Nem Alexandre de Moraes nem Luiz Fux estão agindo circunstancialmente. Estão agindo institucionalmente. Não são um. São todos. Atacar um é atacar todos. A tática da personalização do Supremo morre no grito, mas não se transforma em gesto. Erra o alvo. O presidente da República conseguiu unir o Supremo.

Defendido e bem o Supremo, ao ministro Fux só faltou falar como Cícero, grande orador do século I a.C., disse a um senador que conspirava contra a República Romana: “Até quando abusarás da paciência nossa?”

Neste Dia da Independência, ficou claro. Importante agora é cumprir a Constituição. E neste caso, não é o Supremo que tem que fazer cumprir a Constituição. É o deputado Arthur Lira, presidente da Câmara. A bola está com ele. Ele tem de ter a coragem política de barrar ou não os pedidos de impeachment. Justificando o porquê da sua decisão nos mais de 130 pedidos parados. Um a um. Parar os pedidos é uma forma de decidir contra eles. É isto mesmo, deputado Arthur Lira?

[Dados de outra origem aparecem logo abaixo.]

//! Laws of graphs of orders, each the contract of a function that does nothing.
ghost use Rattle.rd_graph.specs.Laws.{Stitching, Linking, Pruning, Lining, Patching};

/// Dropping nodes keeps reaching exactly, where their predecessors come in their place.
pub fn stitching<E>()
    ensures { Stitching E }
{}

/// The neighbours of a chain stand for the chain.
pub fn linking<E>()
    ensures { Linking E }
{}

/// Implied edges may go.
pub fn pruning<E>()
    ensures { Pruning E }
{}

/// The graph of a chain reaches along the chain.
pub fn lining<E>()
    ensures { Lining E }
{}

/// A merge of a level may be done by new lists of direct predecessors.
pub fn patching<E>()
    ensures { Patching E }
{}
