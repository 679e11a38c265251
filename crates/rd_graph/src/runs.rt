//! Places as runs of places that follow each other.
ghost use Rattle.std.specs.Prelude.{◌≡◌, ◌^◌, ◌+◌, ◌-◌, ◌<◌, ◌++◌, ◌∷◌, [], IsTrue, OnOk, IfOk, length, min, option_map};
ghost use Rattle.rd_graph.specs.Runs.{HasLineRoom, places_aside, places_of, up_from};

use std::alloc::{AllocError, Global};

/// So many places that follow each other, and the first of them; and whether what stands there is set aside before the
/// rest is moved, since its place is not in the order of the others.
#[derive(Clone, Copy)]
pub struct Run {
    pub from: usize,
    pub count: usize,
    pub aside: bool,
}

/// Puts so many places from one on at the end.
pub(crate) fn push_run(
    runs: &mut Vec<Run>,
    from: usize,
    count: usize,
    aside: bool,
) -> Result<(), AllocError>
    ensures { OnOk result (places_of runs.new.items ≡ places_of runs.old.items ++ up_from from count) }
{
    if count == 0 {
        return Ok(());
    }
    runs.push(Run { from, count, aside })?;
    Ok(())
}

/// Does a place follow a run, and may so many from it on be of the run? The first place `apart` of another kind may not, nor what is
/// set aside where the run is not.
fn goes_on(run: Run, place: usize, count: usize, apart: usize, aside: bool) -> bool
    ensures next { IsTrue result → place ≡ run.from + run.count }
    ensures few { IsTrue result → run.count + count < 2 ^ 64 }
{
    place != apart
        && run.aside == aside
        && run.from <= place
        && place - run.from == run.count
        && count <= usize::MAX - run.count
}

/// Puts so many places from one on at the end, with the run before them where they go on with it.
pub(crate) fn push_places(
    runs: &mut Vec<Run>,
    place: usize,
    count: usize,
    apart: usize,
    aside: bool,
) -> Result<(), AllocError>
    ensures { OnOk result (places_of runs.new.items ≡ places_of runs.old.items ++ up_from place count) }
{
    let len = runs.len();
    if len == 0 {
        return push_run(runs, place, count, aside);
    }
    let last = runs[len - 1];
    if goes_on(last, place, count, apart, aside) {
        runs[len - 1] = Run {
            from: last.from,
            count: last.count + count,
            aside,
        };
        return Ok(());
    }
    push_run(runs, place, count, aside)
}

/// Puts a place at the end.
pub(crate) fn push_place(
    runs: &mut Vec<Run>,
    place: usize,
    apart: usize,
    aside: bool,
) -> Result<(), AllocError>
    ensures { OnOk result (places_of runs.new.items ≡ places_of runs.old.items ++ place ∷ []) }
{
    push_places(runs, place, 1, apart, aside)
}

/// How many places there are, or else the greatest number.
fn count_of(runs: &[Run]) -> usize
    ensures { result ≡ min (length (places_of runs.now)) (2 ^ 64 - 1) }
{
    let mut count: usize = 0;
    for run in runs {
        count = count.saturating_add(run.count);
    }
    count
}

/// How many of a run's places are set aside.
fn aside_of(run: Run) -> usize
    ensures { result ≡ length (places_aside (run ∷ [])) }
{
    if run.aside { run.count } else { 0 }
}

/// How many places there are of runs that are set aside, or else the greatest number.
pub(crate) fn count_aside(runs: &[Run]) -> usize
    ensures { result ≡ min (length (places_aside runs.now)) (2 ^ 64 - 1) }
{
    let mut count: usize = 0;
    for run in runs {
        count = count.saturating_add(aside_of(*run));
    }
    count
}

/// The runs of a line, where there is one.
pub(crate) fn as_runs(line: &Option<Vec<Run>>) -> Option<&[Run]>
    ensures { option_map (λ l. places_of l.now) result ≡ option_map (λ l. places_of l.items) line.now }
{
    match line {
        Some(line) => Some(line),
        None => None,
    }
}

/// Empty room for the elements of a line, where there is one, and for a sixteenth more, which may come later.
pub fn line_room<T>(alloc: Global, line: Option<&[Run]>) -> Result<Vec<T>, AllocError>
    ensures { IfOk result (λ r. HasLineRoom (option_map (λ l. places_of l.now) line.entry) r) }
{
    match line {
        Some(line) => {
            let count = count_of(line);
            Vec::with_capacity(alloc, count.saturating_add(count / 16))
        }
        None => Ok(Vec::new(alloc)),
    }
}

/// Room for those that are set aside before they are moved.
pub fn aside_room<T>(alloc: Global, line: Option<&[Run]>) -> Result<Vec<T>, AllocError> {
    match line {
        Some(line) => Vec::with_capacity(alloc, count_aside(line)),
        None => Ok(Vec::new(alloc)),
    }
}
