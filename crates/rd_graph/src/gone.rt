//! The names of the nodes that go, each with its number among them.
ghost use Rattle.std.specs.Prelude.{◌≡◌, ℕ, ◌<◌, IfOk, true, false, slice_index_or, length, Contains};
ghost use Rattle.rd_graph.specs.Gathered.{gathered};
ghost use Rattle.rd_graph.specs.Graphs.{nodes as nodes_of};
ghost use Rattle.rd_graph.specs.Internal.Chunks.{HasKind, HasKindsOf};
ghost use Rattle.rd_graph.specs.Internal.Relisting.{AreMarked, AreNumbered, mark_of, some_gone};
ghost use Rattle.rd_graph.specs.Internal.Seen.{seen};
ghost use Rattle.rd_graph.specs.Internal.Tables.{at, fits_list, has_it};

use crate::before::Name;
use crate::chunks::with_kind;
use crate::graph::Node;
use crate::tables::{find, has, put};
use indexmap::IndexMap;
use rd_keys::EntryKey;
use std::alloc::{AllocError, Global};

/// The names that go, each with its number. The marks tell most others at once, and the kinds whole chunks of nodes.
#[derive(Drop)]
pub(crate) struct Gone {
    pub(crate) names: IndexMap<EntryKey, usize>,
    pub(crate) marks: Vec<bool>,
    pub(crate) kinds: u64,
}

/// Where a name has its mark.
pub(crate) fn mark_of(key: &EntryKey) -> usize
    ensures { result ≡ mark_of key.now }
{
    match key {
        EntryKey::Leaf(name, _) => name.slot as usize % 2048,
        EntryKey::Group(name) => name.slot as usize % 2048,
    }
}

/// A table of the names of the nodes at these places, each with its number.
fn names_at(
    alloc: Global,
    nodes: &[Node],
    gone: &[usize],
) -> Result<IndexMap<EntryKey, usize>, AllocError>
    requires { (k : ℕ) → k < length gone.now → slice_index_or gone.now k 0 < length nodes.now }
    ensures named { IfOk result (λ t. fits_list t (gathered gone.now (nodes_of (seen nodes.now)))) }
    ensures numbered { IfOk result (λ t. AreNumbered t (length gone.now)) }
{
    let mut table = IndexMap::with_capacity(alloc, gone.len())?;
    for (i, place) in gone.iter().enumerate() {
        put(&mut table, nodes[*place].key, i)?;
    }
    Ok(table)
}

/// The marks of the names of the nodes at these places. None are made where nothing goes.
fn marks_at(alloc: Global, nodes: &[Node], gone: &[usize]) -> Result<Vec<bool>, AllocError>
    requires { (k : ℕ) → k < length gone.now → slice_index_or gone.now k 0 < length nodes.now }
    ensures marked { IfOk result (λ v. (k : EntryKey)
        → Contains (gathered gone.now (nodes_of (seen nodes.now))) k → slice_index_or v.items (mark_of k) false ≡ true) }
    ensures whole { IfOk result (λ v. 0 < length gone.now → length v.items ≡ 2048) }
{
    if gone.is_empty() {
        return Ok(Vec::new(alloc));
    }
    let mut marks = vec![in alloc; false; 2048]?;
    for place in gone {
        marks[mark_of(&nodes[*place].key)] = true;
    }
    Ok(marks)
}

/// The kinds of the names of the nodes at these places.
fn kinds_at(nodes: &[Node], gone: &[usize]) -> u64
    requires { (k : ℕ) → k < length gone.now → slice_index_or gone.now k 0 < length nodes.now }
    ensures { (k : EntryKey) → Contains (gathered gone.now (nodes_of (seen nodes.now))) k → HasKind result k }
{
    let mut kinds = 0;
    for place in gone {
        kinds = with_kind(kinds, &nodes[*place].key);
    }
    kinds
}

/// The names of the nodes at these places, with their numbers, marks and kinds.
pub(crate) fn gone_at(alloc: Global, nodes: &[Node], gone: &[usize]) -> Result<Gone, AllocError>
    requires { (k : ℕ) → k < length gone.now → slice_index_or gone.now k 0 < length nodes.now }
    ensures marked { IfOk result (λ g. AreMarked g.marks.items g.names) }
    ensures whole { IfOk result (λ g. 0 < length gone.now → length g.marks.items ≡ 2048) }
    ensures kinds { IfOk result (λ g. HasKindsOf g.kinds g.names) }
    ensures named { IfOk result (λ g. fits_list g.names (gathered gone.now (nodes_of (seen nodes.now)))) }
    ensures numbered { IfOk result (λ g. AreNumbered g.names (length gone.now)) }
{
    let names = names_at(alloc, nodes, gone)?;
    let marks = marks_at(alloc, nodes, gone)?;
    let kinds = kinds_at(nodes, gone);
    Ok(Gone {
        names,
        marks,
        kinds,
    })
}

/// The number of a name that goes. None where it stays.
pub(crate) fn number_of(gone: &Gone, key: EntryKey) -> Option<usize>
    requires { AreMarked gone.now.marks.items gone.now.names }
    ensures { result ≡ at gone.now.names key }
{
    let mark = mark_of(&key);
    if gone.marks.len() <= mark {
        return None;
    }
    if !gone.marks[mark] {
        return None;
    }
    find(&gone.names, key).copied()
}

/// Does the name go?
pub(crate) fn goes(gone: &Gone, key: EntryKey) -> bool
    requires { AreMarked gone.now.marks.items gone.now.names }
    ensures { result ≡ has_it gone.now.names key }
{
    let mark = mark_of(&key);
    mark < gone.marks.len() && gone.marks[mark] && has(&gone.names, key)
}

/// Does one of the names go?
pub(crate) fn some_goes(gone: &Gone, keys: &[Name]) -> bool
    requires { AreMarked gone.now.marks.items gone.now.names }
    ensures { result ≡ some_gone (has_it gone.now.names) keys.now }
{
    for key in keys {
        if goes(gone, key.key) {
            return true;
        }
    }
    false
}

O que se está pedindo é que Lira venha à luz do sol, o melhor detergente contra a pequena política. Diga institucionalmente suas razões. E arque política e eleitoralmente com sua opção. Chegou a hora da coragem da verdade de Lira. O país não quer mais ataques nem jogos velados, negociações noturnas e soturnas.

O presidente Lira tem que dizer, ao recusar ou fazer progredir os pedidos de impeachments, se mobilizar uma multidão contra ministro do Supremo é constranger juiz a fazer ou deixar de fazer ato do seu ofício, conforme o artigo 6, 6, da Lei de Impeachment. Se chamar um ministro do Supremo de canalha é proceder de modo incompatível com decoro do cargo, conforme o artigo 7, 9, da mesma lei.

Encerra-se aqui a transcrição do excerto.